Left: DNA fragments located in SINGLE’s patterned flow cells. Middle: the Theta Sequencer. Right: sequencing data generated.

“The sequencer consists of the Worlds fastest scanner, a new type of fluidics adopted for large areas and sequencing chemistry.”

“Theta contains the world’s fastest single molecule-sensitive confocal imaging system”

“Single Technologies is pushing the limits of genomics by combining single molecule imaging, fast large area confocal scanning, grating techniques, fluidics, nanotechnology and a large portion of out of the box thinking. Our technology is being explored by leaders and industry in the genomics field who cares about Big Data generation.”

“Single Technologies was founded by Johan Strömqvist, Bengt Sahlgren, Annika Bolind Bågenholm and Raoul Stubbe in 2012/2013. The origin of the company is a unique combination of PhD research in single molecule imaging and biotechnology at the Royal Institute of Technology and R&D in the fiber optical grating industry by the founders of Proximion in Stockholm, Sweden.”

SCANNER

Theta contains the world’s fastest single molecule-sensitive confocal imaging system. The technology digitizes the samples simply and intuitively at diffraction limited resolution with negligible bleaching. And it’s ludicrously fast, a 15×15 mm area can be scanned in just a few seconds, and a total area of 125×65 mm could be scanned without any compromises.

FLUIDICS

Theta contains a new type of automated fluidics which avoids micro channels, allowing rapid exchange of liquids over large areas and using less reagents, setting new standards for optimized reactions.
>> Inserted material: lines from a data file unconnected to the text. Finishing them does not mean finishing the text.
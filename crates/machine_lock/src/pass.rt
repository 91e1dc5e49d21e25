//! A pass of a turnstile.
use crate::history::View;
use atomic_table::Seat;
use std::marker::Model;

/// A worker's share in a turnstile: it takes turns with it. It has no bytes.
#[derive(Drop)]
pub struct Pass<M> {
    pub(crate) seat: Seat<Option<M>, View<M>>,
}

impl<M> Model for Pass<M> {
    ghost use Rattle.machine_lock.specs.Passes.{PassView, pass_view, IsWhole};

    ghost Value = { PassView M };

    ghost view = { λ p. pass_view p.seat };

    ghost invariant = { λ p. IsWhole p.seat };
}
It is enabled by a combination of Single’s revolutionary scanning technology and unique approaches to effective flow and diffusion.

CHEMISTRY

Theta’s fast large area scanning and automated effective fluidics can be applied to almost any fluorescent based sequencing chemistry, supported by Single’s new patterned surface methods, giving the benefits of speed and capacity compared with other systems, backing the increased need of sequenced data.